By one account, it was a pair of ostrich purchased with pennies collected by Houston school children in 1914 that moved the Houston City Council to declare the fenced ostrich enclosure in City Park downtown (what we now know as Sam Houston Park) as Houston’s first Zoo.
By 1922, the Zoo had moved from City Park to Hermann Park and by 1925 the Zoo was home to not only ostrich but bison, geese, swans, snakes, turtles, deer, Asian elephants Hans and Nellie and Houston’s first Natural History Museum.
The museum proved to be a popular attraction. At the end of World War Two plans were being made to modernize the Zoo and expand the museum.

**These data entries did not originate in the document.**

//! Phases of a row as data: who calls what and is answered what, beside whom, and what is left then.
ghost use Rattle.std.specs.Prelude.{◌≡◌, All, IfSome};
ghost use Rattle.evl_kernel.specs.state.Callbacks.{AnswersByPlan};

use super::acts::{Act, Told, does};
use super::boards::seen_of;
use super::held::{drops_the_kernel, looks};
use super::passes::Passes;
use super::rows::Memory;
use evl_base::ThreadId;
use evl_machine::{CallerOf, InWord, MachineOf};
use evl_pipeline::Handler;
use std::alloc::Allocator;
use std::sync::Wait;

/// A step: by which caller, what it does, and what it is answered.
pub type Step = (usize, Act, Told);

/// All that stays still while the steps of a phase are made.
#[derive(Clone, Copy, PartialEq)]
pub enum Side {
    // Nothing.
    Free,
    // The last caller has the core.
    Held,
    // There is no memory.
    Short,
    // The steps are the last caller's own calls, all under one take of the core.
    Applied,
    // The same where there is no memory.
    AppliedShort,
    // There are no steps: the last caller is dropped with the core.
    Dropped,
    // There are no steps: the first caller is dropped with what it has, so that the second one is the first.
    Lost,
}

/// All that is seen: how many entries, what is in the word of the first mutex, and what the kernel records of it.
#[derive(Clone, Copy, PartialEq)]
pub struct Seen {
    pub entries: usize,
    pub word: Option<InWord>,
    pub owner: Option<ThreadId>,
    pub waiters: usize,
}

/// All that a caller sees that has the core, and whether the first thread's wait is over and unfinished.
#[derive(Clone, Copy)]
pub struct Look {
    pub seen: Seen,
    pub is_over: bool,
}

/// All that is left: how many entries, and who has the first mutex.
#[derive(Clone, Copy)]
pub enum Left {
    // It isn't looked at.
    Unseen,
    // Nobody has it.
    Free(usize),
    // The same, and the first thread's wait is over and unfinished.
    Over(usize),
    // This thread, which nobody is recorded for, with no mark in the word.
    Owned(usize, u16),
    // It is offered to this thread, which nobody is recorded for, with no mark in the word.
    Offered(usize, u16),
    // This thread has it and is the recorded owner, with no mark in the word.
    Raised(usize, u16),
    // This thread, which is the recorded owner, with a mark in the word, and so many who wait by the records.
    Awaited(usize, u16, usize),
    // It is offered to this thread, which is the recorded owner, with a mark in the word, and so many who wait.
    OfferedOn(usize, u16, usize),
    // This thread, with a mark in the word that nobody is recorded for.
    Marked(usize, u16),
}

/// Steps beside a side, and what is left.
pub type Phase<'a> = (Side, &'a [Step], Left);

/// Phases: beside which side, the steps, by a name in parentheses or one by one in brackets, and what is left.
macro_rules! phases {
    ($($side:ident $steps:tt $left:expr;)*) => { [$((Side::$side, listed!($steps), $left)),*] };
}

// Steps by their name, or one by one.
macro_rules! listed {
    (($steps:expr)) => { $steps };
    ([$($step:tt)*]) => { &steps![$($step)*] };
}

pub(crate) use listed;
pub(crate) use phases;

/// The answer to the caller at this place.
pub fn answer<C: Handler, A: Allocator, R: Wait>(
    rt: &R,
    machine: &MachineOf<C, A>,
    callers: &mut Vec<CallerOf<C, A>, A>,
    passes: &mut Passes,
    number: usize,
    act: Act,
) -> Told
    requires callers { All (λ c. c.machine ≡ machine.now) callers.old.items }
    requires by_plan { AnswersByPlan C.declared C.plan machine.now.first.callbacks }
    ensures { All (λ c. c.machine ≡ machine.now) callers.new.items }
{
    if number >= callers.len() {
        return Told::Nothing;
    }
    does(rt, machine, &mut callers[number], passes, act)
}

/// Whether each step is answered as it is wanted.
pub fn answers<C: Handler, A: Allocator, R: Wait>(
    rt: &R,
    machine: &MachineOf<C, A>,
    callers: &mut Vec<CallerOf<C, A>, A>,
    passes: &mut Passes,
    steps: &[Step],
) -> bool
    requires callers { All (λ c. c.machine ≡ machine.now) callers.old.items }
    requires by_plan { AnswersByPlan C.declared C.plan machine.now.first.callbacks }
    ensures { All (λ c. c.machine ≡ machine.now) callers.new.items }
{
    for (number, act, wanted) in steps {
        if answer(rt, machine, callers, passes, *number, *act) != *wanted {
            return false;
        }
    }
    true
}

/// The first caller, which is taken away.
pub fn first_of<C: Handler, A: Allocator>(
    machine: &MachineOf<C, A>,
    callers: &mut Vec<CallerOf<C, A>, A>,
) -> Option<CallerOf<C, A>>
    requires { All (λ c. c.machine ≡ machine.now) callers.old.items }
    ensures first { IfSome result (λ c. c.machine ≡ machine.now) }
    ensures rest { All (λ c. c.machine ≡ machine.now) callers.new.items }
{
    if callers.is_empty() {
        return None;
    }
    Some(callers.remove(0))
}

/// The last caller, which is taken away.
pub fn last_of<C: Handler, A: Allocator>(
    machine: &MachineOf<C, A>,
    callers: &mut Vec<CallerOf<C, A>, A>,
) -> Option<CallerOf<C, A>>
    requires { All (λ c. c.machine ≡ machine.now) callers.old.items }
    ensures last { IfSome result (λ c. c.machine ≡ machine.now) }
    ensures rest { All (λ c. c.machine ≡ machine.now) callers.new.items }
{
    callers.pop()
}

/// Whether there is room for the last caller, which was away.
pub fn comes_back<C: Handler, A: Allocator>(
    machine: &MachineOf<C, A>,
    callers: &mut Vec<CallerOf<C, A>, A>,
    caller: CallerOf<C, A>,
) -> bool
    requires callers { All (λ c. c.machine ≡ machine.now) callers.old.items }
    requires away { caller.machine ≡ machine.now }
    ensures { All (λ c. c.machine ≡ machine.now) callers.new.items }
{
    callers.push(caller).is_ok()
}

// Whether the others' steps are answered as it is wanted while the last caller has the core.
fn answers_beside<C: Handler, A: Allocator, R: Wait>(
    rt: &R,
    machine: &MachineOf<C, A>,
    callers: &mut Vec<CallerOf<C, A>, A>,
    passes: &mut Passes,
    steps: &[Step],
) -> bool
    requires callers { All (λ c. c.machine ≡ machine.now) callers.old.items }
    requires by_plan { AnswersByPlan C.declared C.plan machine.now.first.callbacks }
    ensures { All (λ c. c.machine ≡ machine.now) callers.new.items }
{
    let Some(holder) = last_of(machine, callers) else {
        return false;
    };
    let (told, holder) = match machine.take(holder) {
        Ok(held) => {
            let told = answers(rt, machine, callers, passes, steps);
            (told, held.give())
        }
        Err(holder) => (false, holder),
    };
    let back = comes_back(machine, callers, holder);
    told && back
}

// All that the last caller sees, where its own calls, all under one take of the core, are answered as it is wanted.
fn last_looks<C: Handler, A: Allocator>(
    machine: &MachineOf<C, A>,
    callers: &mut Vec<CallerOf<C, A>, A>,
    steps: &[Step],
) -> Option<Look>
    requires callers { All (λ c. c.machine ≡ machine.now) callers.old.items }
    requires by_plan { AnswersByPlan C.declared C.plan machine.now.first.callbacks }
    ensures { All (λ c. c.machine ≡ machine.now) callers.new.items }
{
    let holder = last_of(machine, callers)?;
    let (look, holder) = looks(machine, holder, steps);
    if comes_back(machine, callers, holder) {
        look
    } else {
        None
    }
}

/// Whether this is left, where it is looked at.
pub fn is_left<C: Handler, A: Allocator>(
    machine: &MachineOf<C, A>,
    callers: &mut Vec<CallerOf<C, A>, A>,
    wanted: Left,
) -> bool
    requires callers { All (λ c. c.machine ≡ machine.now) callers.old.items }
    requires by_plan { AnswersByPlan C.declared C.plan machine.now.first.callbacks }
    ensures { All (λ c. c.machine ≡ machine.now) callers.new.items }
{
    match seen_of(wanted) {
        None => true,
        Some((seen, is_over)) => match last_looks(machine, callers, &[]) {
            Some(look) => look.seen == seen && (look.is_over || !is_over),
            None => false,
        },
    }
}

/// Whether the steps beside this side are answered as it is wanted.
pub fn answers_by<C: Handler, A: Allocator, R: Wait>(
    rt: &R,
    memory: Memory<'_>,
    machine: &MachineOf<C, A>,
    callers: &mut Vec<CallerOf<C, A>, A>,
    passes: &mut Passes,
    side: Side,
    steps: &[Step],
) -> bool
    requires callers { All (λ c. c.machine ≡ machine.now) callers.old.items }
    requires by_plan { AnswersByPlan C.declared C.plan machine.now.first.callbacks }
    ensures { All (λ c. c.machine ≡ machine.now) callers.new.items }
{
    let taken = memory.taken_for(side);
    let told = match side {
        Side::Free | Side::Short => answers(rt, machine, callers, passes, steps),
        Side::Held => answers_beside(rt, machine, callers, passes, steps),
        Side::Applied | Side::AppliedShort => last_looks(machine, callers, steps).is_some(),
        Side::Dropped => match last_of(machine, callers) {
            Some(holder) => drops_the_kernel(machine, holder),
            None => false,
        },
        Side::Lost => first_of(machine, callers).is_some(),
    };
    drop(taken);
    told
}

By the late 1940s and early 1950s fund raising campaigns were being employed to improve the museum’s collection. For one fund raiser, museum director Robert Vines came up with a unique idea – what Houston Press writer James Wagner described as”ostrich burgers as a delicacy for Sunday zoo-goers” employing ostrich eggs as the main ingredient.
At one dollar per ‘ostrich burger’ we haven’t found newspaper accounts that tell us if the effort was successful.

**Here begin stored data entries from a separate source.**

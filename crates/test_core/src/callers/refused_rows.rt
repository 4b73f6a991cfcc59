//! A row over memory of which one request is refused, at any of its steps: the step is made once more, and all steps are
//! answered as they are with memory enough.
ghost use Rattle.std.specs.Prelude.{◌≡◌, All};
ghost use Rattle.evl_kernel.specs.state.Callbacks.{AnswersByPlan};

use super::acts::Act::{Begin, Finish, Lock, Unlock, UnlockFast};
use super::acts::{AGAIN, BUSY, DONE, PASSED, SHORT, WAITING};
use super::boards::{ATTACH, FIRST, NORMAL, board_with};
use super::passes::Passes;
use super::phases::{Left, Step, answer, is_left};
use super::rows::{leave, made};
use crate::refusing::Refusing;
use crate::rows::steps;
use crate::short::{ENOUGH, is_all_back};
use evl_base::{Board, Refusal};
use evl_machine::{CallerOf, MachineOf};
use evl_pipeline::{Callback, Handler};
use linked_list_allocator::LocalHeap;
use std::alloc::{Allocator, Global};
use std::sync::Wait;

// More requests than the row makes.
const MANY: u64 = 200;

// The site where the refused request was met.
#[derive(Clone, Copy, PartialEq, Eq)]
enum Site {
    Opening,
    Call,
    Nowhere,
}

// The row `contended_mutex`.
const CONTENDED_MUTEX: [Step; 9] = steps![
    0 ATTACH => DONE, 1 ATTACH => DONE, 0 Lock(FIRST) => PASSED, 1 Begin(FIRST, None) => WAITING,
    1 Finish => AGAIN, 0 UnlockFast(FIRST) => BUSY, 0 Unlock(FIRST) => DONE, 1 Finish => PASSED,
    1 UnlockFast(FIRST) => DONE,
];

// Its five calls of the kernel remain, and nobody has the mutex.
const LEFT: Left = Left::Free(5);

// Whether a step is refused for memory, and then answered as it is wanted when it is made once more; none where it is
// answered otherwise.
fn is_refused_once<C: Handler, A: Allocator, R: Wait>(
    rt: &R,
    machine: &MachineOf<C, A>,
    callers: &mut Vec<CallerOf<C, A>, A>,
    passes: &mut Passes,
    step: &Step,
) -> Option<bool>
    requires callers { All (λ c. c.machine ≡ machine.now) callers.old.items }
    requires by_plan { AnswersByPlan C.declared C.plan machine.now.first.callbacks }
    ensures { All (λ c. c.machine ≡ machine.now) callers.new.items }
{
    let (number, act, wanted) = *step;
    let told = answer(rt, machine, callers, passes, number, act);
    if told == wanted {
        return Some(false);
    }
    if told != SHORT {
        return None;
    }
    let again = answer(rt, machine, callers, passes, number, act);
    if again == wanted { Some(true) } else { None }
}

// How many of some steps were refused once; none where one was answered otherwise.
fn refusals<C: Handler, A: Allocator, R: Wait>(
    rt: &R,
    machine: &MachineOf<C, A>,
    callers: &mut Vec<CallerOf<C, A>, A>,
    passes: &mut Passes,
    steps: &[Step],
) -> Option<u32>
    requires callers { All (λ c. c.machine ≡ machine.now) callers.old.items }
    requires by_plan { AnswersByPlan C.declared C.plan machine.now.first.callbacks }
    ensures { All (λ c. c.machine ≡ machine.now) callers.new.items }
{
    let mut count = 0u32;
    for step in steps {
        match is_refused_once(rt, machine, callers, passes, step) {
            Some(true) => count = count.saturating_add(1),
            Some(false) => {}
            None => return None,
        }
    }
    Some(count)
}

// The site where a machine's calls met the refusal, if what is left is wanted; a row meets it once at most.
fn met_by_calls<C: Handler, A: Allocator, R: Wait>(
    rt: &R,
    boxes: Global,
    machine: &MachineOf<C, A>,
    callers: &mut Vec<CallerOf<C, A>, A>,
) -> Option<Site>
    requires callers { All (λ c. c.machine ≡ machine.now) callers.old.items }
    requires by_plan { AnswersByPlan C.declared C.plan machine.now.first.callbacks }
    ensures { All (λ c. c.machine ≡ machine.now) callers.new.items }
{
    let mut passes = Passes::new(boxes);
    let count = refusals(rt, machine, callers, &mut passes, &CONTENDED_MUTEX);
    let left = is_left(machine, callers, LEFT);
    match count {
        Some(0) if left => Some(Site::Nowhere),
        Some(1) if left => Some(Site::Call),
        _ => None,
    }
}

// The site where the row on a new machine met it.
fn met_by_row<C: Handler, A: Allocator + Clone, R: Wait>(
    rt: &R,
    boxes: Global,
    memory: A,
    board: Board,
    bank: Vec<C, A>,
) -> Option<Site> {
    match made(memory, boxes, board, bank, 100) {
        Ok((machine, mut callers)) => {
            let met = met_by_calls(rt, boxes, &machine, &mut callers);
            leave(machine, callers);
            met
        }
        Err(Refusal::NoMemory) => Some(Site::Opening),
        Err(_) => None,
    }
}

// The site where the row meets the refusal of this memory; none where something stays taken. The last of its three
// callers looks.
fn met_over<R: Wait>(rt: &R, boxes: Global, memory: &Refusing<LocalHeap>) -> Option<Site> {
    let bank: Vec<Callback, &Refusing<LocalHeap>> = Vec::new(memory);
    let met = met_by_row(rt, boxes, memory, board_with(3, NORMAL), bank)?;
    if is_all_back(memory, met != Site::Nowhere) {
        Some(met)
    } else {
        None
    }
}

// The site where the row meets the refusal of memory that refuses the request after so many.
fn met<R: Wait>(rt: &R, alloc: Global, granted: u64) -> Option<Site> {
    match LocalHeap::new(alloc, ENOUGH) {
        Ok(heap) => met_over(rt, alloc, &Refusing::after(heap, granted)),
        Err(_) => None,
    }
}

// How many requests the opening of the row and its calls make, each of which was refused in one run.
fn requests<R: Wait>(rt: &R, alloc: Global) -> Option<[u32; 2]> {
    let mut opening = 0u32;
    let mut calls = 0u32;
    for granted in 0..MANY {
        match met(rt, alloc, granted)? {
            Site::Opening => opening = opening.saturating_add(1),
            Site::Call => calls = calls.saturating_add(1),
            Site::Nowhere => return Some([opening, calls]),
        }
    }
    None
}

#[test]
fn each_request_of_a_contended_mutex_is_refused_once(rt: HostRuntime) {
    assert!(rt; requests(&rt, rt.alloc()) == Some([70, 6]));
}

But thanks to the Houston Press clipping at right from the collection of the late Zoo Manager Tom Baylor, we do know that Bonnie Balko of 911 Walling Street was the first brave soul to sample the ostrich-egg burgers prepared by Louise Pelham of the Hermann Park Coffee Shop.
Bonnie’s verdict after two bites? The burgers needed a little ketchup and a dash of salt and pepper. And, offered Bonnie, she’d suggest “a Coke or something to wash it down.”
Today, the eggs that are produced by our ostriches Henrietta and Blanche primarily find their purpose as enrichment items for our animals. Our African wild dogs (a.k.a. painted dogs) found an ostrich egg in their ‘chicken pinata’ during Enrichment Day on September 22 .
But on occasion Houston Zoo ostrich eggs are still employed in a fund raising role. The difference today is that Zoo guests aren’t snacking on ostrich egg burgers but rather bidding on ostrich eggs painted by one of our orangutans at Pongos Helping Pongos and other conservation events.
Still, would you find an ostrich egg burger an appealing snack on a Sunday afternoon? Even if it needed a little salt and pepper and a splash of ketchup?